Хотелось очень нарисовать что-то именно для него и непременно акварельными
красками, купленными перед отъездом. Красками, которыми не рисовал еще
никогда.
Мне их подарили, чтобы я, наконец, прекратил малевать на чем попадя чем
попало – чернилами, мелом, карандашами, кусочками угля, пальцами на замерзших
стеклах, палочками на песке, камешками, грязью, размазней на тарелке…
Царапал мебель, перепортил немало книжек, учебников, документов.
Сам себя изрисовывал до безобразия.
Страсть эта в нашей далекой от художеств семье когда наказывалась, когда
просто не замечалась, как все детские страсти.

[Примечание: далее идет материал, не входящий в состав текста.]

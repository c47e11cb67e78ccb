ghost use Rattle.std.specs.Prelude.{[], true, None};

use crate::{CheckError, Selection, Verdict, Verdicts, check_tree, first_refuted};
use gx_io::Failed;
use gx_num::V3;
use gx_rotation::from_angles3;
use gx_shapes::SolidKind;
use gx_solids::solid;
use gx_tree::{Hierarchy, Placement, Volume, are_within_limits};
use std::alloc::{AllocError, Global};
use std::test::Fail;

// Takes so many verdicts, as words.
#[derive(Drop)]
struct Words {
    alloc: Global,
    text: String,
    room: u32,
    faults: u64,
}

impl Words {
    fn new(alloc: Global, room: u32) -> Words {
        Words {
            alloc,
            text: String::new(alloc),
            room,
            faults: 0,
        }
    }
}

impl Verdicts for Words {
    type Item = u8;

    ghost held = { λ _. None };

    ghost items = { λ _ _. [] };

    ghost takes = { λ _ _. true };

    ghost faults = { λ w. w.faults };

    fn verdict(&mut self, verdict: &Verdict) -> Result<(), Failed> {
        if self.room > 0 {
            self.room -= 1;
            if write(self.alloc, &mut self.text, verdict).is_ok() {
                return Ok(());
            }
        }
        self.faults = self.faults.saturating_add(1);
        Err(Failed)
    }
}

fn write(alloc: Global, text: &mut String, verdict: &Verdict) -> Result<(), AllocError> {
    match verdict {
        Verdict::Inner { mother, ordinal } => {
            text.push_str(&format!(in alloc; "in {mother} {ordinal}; ")?)
        }
        Verdict::Outer {
            mother,
            ordinal,
            point,
        } => text.push_str(&format!(in alloc;
            "out {mother} {ordinal} {} {} {}; ",
            point.x, point.y, point.z
        )?),
        Verdict::Apart {
            mother,
            first,
            second,
            plane,
        } => {
            let n = plane.n();
            text.push_str(&format!(in alloc;
                "apart {mother} {first} {second} {} {} {} {}; ",
                n.x,
                n.y,
                n.z,
                plane.e()
            )?)
        }
        Verdict::Overlap {
            mother,
            first,
            second,
            points,
        } => {
            text.push_str(&format!(in alloc; "overlap {mother} {first} {second}")?)?;
            for i in 0..points.count() {
                let p = points.at(i);
                text.push_str(&format!(in alloc; " {}:{}:{}:{}", p.x(), p.y(), p.z(), p.w())?)?;
            }
            text.push_str("; ")
        }
    }
}

// A volume that is placed, how often it is turned by a quarter about x, and where.
type Place = (u32, u8, i64, i64, i64);

// A kind with its values, and what is placed in it.
type Body<'a> = (SolidKind, &'a [i64], &'a [Place]);

fn placement(place: Place) -> Result<Placement, Fail> {
    let (volume, turns, x, y, z) = place;
    Ok(Placement::Single {
        volume,
        copy: 0,
        rotation: from_angles3([Some(turns), Some(0), Some(0)])
            .ok()
            .ok_or("a rotation")?,
        offset: V3 { x, y, z },
    })
}

fn volume(alloc: Global, body: &Body<'_>) -> Result<Volume, Fail> {
    let &(kind, values, places) = body;
    if values.len() > 20 {
        return Err("too many values".into());
    }
    let mut placements = Vec::new(alloc);
    for &place in places {
        placements.push(placement(place)?)?;
    }
    Ok(Volume::new(
        Vec::from_slice(alloc, b"v")?,
        solid(alloc, kind, values).ok().ok_or("a solid")?,
        Vec::from_slice(alloc, b"Air")?,
        placements,
    ))
}

fn hierarchy(alloc: Global, bodies: &[Body<'_>]) -> Result<Hierarchy, Fail> {
    let mut volumes = Vec::new(alloc);
    for body in bodies {
        volumes.push(volume(alloc, body)?)?;
    }
    if !are_within_limits(&volumes) {
        return Err("too much".into());
    }
    Ok(Hierarchy::new(alloc, volumes).ok().ok_or("a hierarchy")?)
}

// The selected verdicts, and the three counts.
fn judged(alloc: Global, tree: &Hierarchy, selection: Selection) -> Result<String, Fail> {
    let mut out = Words::new(alloc, 9);
    let counts = check_tree(alloc, tree, selection, &mut out)
        .ok()
        .ok_or("counts")?;
    let mut text = out.text;
    text.push_str(&format!(in alloc; "{} {} {}", counts.daughters, counts.pairs, counts.refuted)?)?;
    Ok(text)
}

fn first(alloc: Global, tree: &Hierarchy) -> Result<String, Fail> {
    let mut text = String::new(alloc);
    if let Some(verdict) = &first_refuted(alloc, tree).ok().ok_or("memory")? {
        write(alloc, &mut text, verdict)?;
    }
    Ok(text)
}

const BOX: SolidKind = SolidKind::Cuboid;

// By hand. Two boxes that touch, and two that overlap. Two tetrahedra that no face parts. A trapezoid on its side, whose far end
// is beyond the world. Two bars across each other. Two halls with three boxes each, of which each overlaps the next and the last
// is beyond the hall.
#[test]
fn each_daughter_and_each_pair_is_judged(rt: HostRuntime) -> Result<(), Fail> {
    let alloc = rt.alloc();
    let cases: [(&[Body<'_>], &str, &str, &str); 6] = [
        (
            &[
                (BOX, &[20, 20, 20], &[(1, 0, -5, 0, 0), (1, 0, 5, 0, 0)]),
                (BOX, &[5, 5, 5], &[]),
            ],
            "in 0 0; in 0 1; apart 0 0 1 1 0 0 0; 2 1 0",
            "2 1 0",
            "",
        ),
        (
            &[
                (BOX, &[20, 20, 20], &[(1, 0, 0, 0, 0), (1, 0, 9, 0, 0)]),
                (BOX, &[5, 5, 5], &[]),
            ],
            "in 0 0; in 0 1; overlap 0 0 1 5:-5:5:1 5:5:-5:1 5:-5:-5:1 4:-5:-5:1; 2 1 1",
            "overlap 0 0 1 5:-5:5:1 5:5:-5:1 5:-5:-5:1 4:-5:-5:1; 2 1 1",
            "overlap 0 0 1 5:-5:5:1 5:5:-5:1 5:-5:-5:1 4:-5:-5:1; ",
        ),
        (
            &[
                (BOX, &[20, 20, 20], &[(1, 0, 0, 0, 0), (2, 0, 0, 0, 0)]),
                (
                    SolidKind::Tet,
                    &[-10, 0, -10, 10, 0, 10, 0, -3, -13, 0, 3, -7],
                    &[],
                ),
                (
                    SolidKind::Tet,
                    &[0, -10, -9, 0, 10, 11, -3, 0, 8, 3, 0, 14],
                    &[],
                ),
            ],
            "in 0 0; in 0 1; apart 0 0 1 -10 -9 10 0; 2 1 0",
            "2 1 0",
            "",
        ),
        (
            &[
                (BOX, &[20, 20, 20], &[(1, 1, 0, 11, 0)]),
                (SolidKind::Trd, &[5, 8, 5, 5, 10], &[]),
            ],
            "out 0 0 -8 21 5; 1 0 1",
            "out 0 0 -8 21 5; 1 0 1",
            "out 0 0 -8 21 5; ",
        ),
        (
            &[
                (BOX, &[20, 20, 20], &[(1, 0, 0, 0, 0), (2, 0, 0, 0, 0)]),
                (BOX, &[6, 1, 1], &[]),
                (BOX, &[1, 6, 1], &[]),
            ],
            "in 0 0; in 0 1; overlap 0 0 1 -6:-6:-1:6 -6:-1:-6:6 -1:-1:-1:1 1:-1:-1:1; 2 1 1",
            "overlap 0 0 1 -6:-6:-1:6 -6:-1:-6:6 -1:-1:-1:1 1:-1:-1:1; 2 1 1",
            "overlap 0 0 1 -6:-6:-1:6 -6:-1:-6:6 -1:-1:-1:1 1:-1:-1:1; ",
        ),
        (
            &[
                (BOX, &[40, 40, 40], &[(1, 0, -20, 0, 0), (1, 0, 20, 0, 0)]),
                (
                    BOX,
                    &[20, 20, 20],
                    &[(2, 0, 0, 0, 0), (2, 0, 9, 0, 0), (2, 0, 18, 0, 0)],
                ),
                (BOX, &[5, 5, 5], &[]),
            ],
            "in 0 0; in 0 1; apart 0 0 1 1 0 0 0; in 1 0; in 1 1; out 1 2 23 -5 -5; overlap 1 0 1 5:-5:5:1 5:5:-5:1 5:-5:-5:1 4:-5:-5:1; apart 1 0 2 1 0 0 5; overlap 1 1 2 14:-5:5:1 14:5:-5:1 14:-5:-5:1 13:-5:-5:1; 5 4 3",
            "out 1 2 23 -5 -5; overlap 1 0 1 5:-5:5:1 5:5:-5:1 5:-5:-5:1 4:-5:-5:1; overlap 1 1 2 14:-5:5:1 14:5:-5:1 14:-5:-5:1 13:-5:-5:1; 5 4 3",
            "out 1 2 23 -5 -5; ",
        ),
    ];
    for (bodies, all, refuting, refuted) in cases {
        let tree = hierarchy(alloc, bodies)?;
        assert_eq!(rt; judged(alloc, &tree, Selection::All)?.as_str(), all);
        assert_eq!(rt;
            judged(alloc, &tree, Selection::Refuting)?.as_str(),
            refuting
        );
        assert_eq!(rt; first(alloc, &tree)?.as_str(), refuted);
    }
    Ok(())
}

#[test]
fn a_receiver_that_fails_ends_the_check(rt: HostRuntime) -> Result<(), Fail> {
    let alloc = rt.alloc();
    let bodies: &[Body<'_>] = &[
        (BOX, &[20, 20, 20], &[(1, 0, -5, 0, 0), (1, 0, 5, 0, 0)]),
        (BOX, &[5, 5, 5], &[]),
    ];
    let tree = hierarchy(alloc, bodies)?;
    let mut out = Words::new(alloc, 1);
    assert_eq!(rt;
        check_tree(alloc, &tree, Selection::All, &mut out),
        Err(CheckError::Out)
    );
    assert_eq!(rt; out.text.as_str(), "in 0 0; ");
    assert_eq!(rt; out.faults, 1);
    Ok(())
}

#[test]
fn errors_have_their_names(rt: HostRuntime) -> Result<(), Fail> {
    let alloc = rt.alloc();
    let text = format!(in alloc; "{} {}", CheckError::Out, CheckError::NoMemory)?;
    assert_eq!(rt; text.as_str(), "Out NoMemory");
    Ok(())
}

Серостенный сталинско-коммунальный
фон ее, наверное, обострял.
Каким праздником, каким упоительным счастьем был каждый клочок бумаги,
где было можно, каким роскошеством, пиршеством – альбомы, целые Альбомы
Для Рисования!..
Я делал из них книжки, полные диковинных приключений и путешествий,
сражений, любовей – рисованные многосерийные фильмы…
После завершения каждое произведение непременно требовалось кому-нибудь
подарить, и немедленно, ибо все законченное вызывало,по непонятной еще
тогда причине, боль и тоску, а спустя какое-то время яростное отвращение.
Уйма картинок была пущена из окон в виде бумажных голубей. В летучих
посланиях этих изображались людозвери и зверолюди, я вкладывал в них
свое понимание окружающей действительности. Баловался, случалось, и порнографией.
Но чаще всего появлялся некий кораблик с парусом или лодочка с человечком…
Эта картина – из тех же недр, но иная.
Папа ее сохранил, вставил в рамку.
Жаль – видно лишь обесцвеченную, сильно уменьшенную репродукцию. Но может
быть, и сюда просочится что-то и передаст тот миг…
Вспоминаю…
Сперва попытка изобразить некий пейзажик с речкой. Не вышло. Разозлился,
порвал. Вспомнил, что в пять лет еще, расшибив коленку, дал себе клятву
не быть девчонкой и никогда не реветь. Судорогу проглотил, глаза устремил
в другой, чистый лист. И забылся как-то, почти уснул…
…Вдруг – увидел все сразу – в цвете, во всех деталях, пронзительно, живобытно
– и этим стал.
Вдохновение определено Львом Толстым как состояние, когда ясно открывается,
что можно сделать.Что можно сделать, и точка. Больше во вдохновении ничего
нет. Ясновиденье действия. Что можно сделать: когда это ясно, когда открывается –
не остается уже ничего, кроме как делать. Уже невозможно не делать, уже
делается.
Помню точно: волнения никакого. Только одно, сквозняковое – что там –
не любопытство, нет, действо, деяние пребывания. Что там – кроме
того, что обозначилось из белизны бумаги. На Дереве и в скальных расселинах,
на камнях и на водных валунах, давно обжитых… На холмистом холодеющем
берегу, принимающем сумерки, – и за ним, за водой, знающей свой исток
и цель… За листочками, за стебельками. За небом, за светом…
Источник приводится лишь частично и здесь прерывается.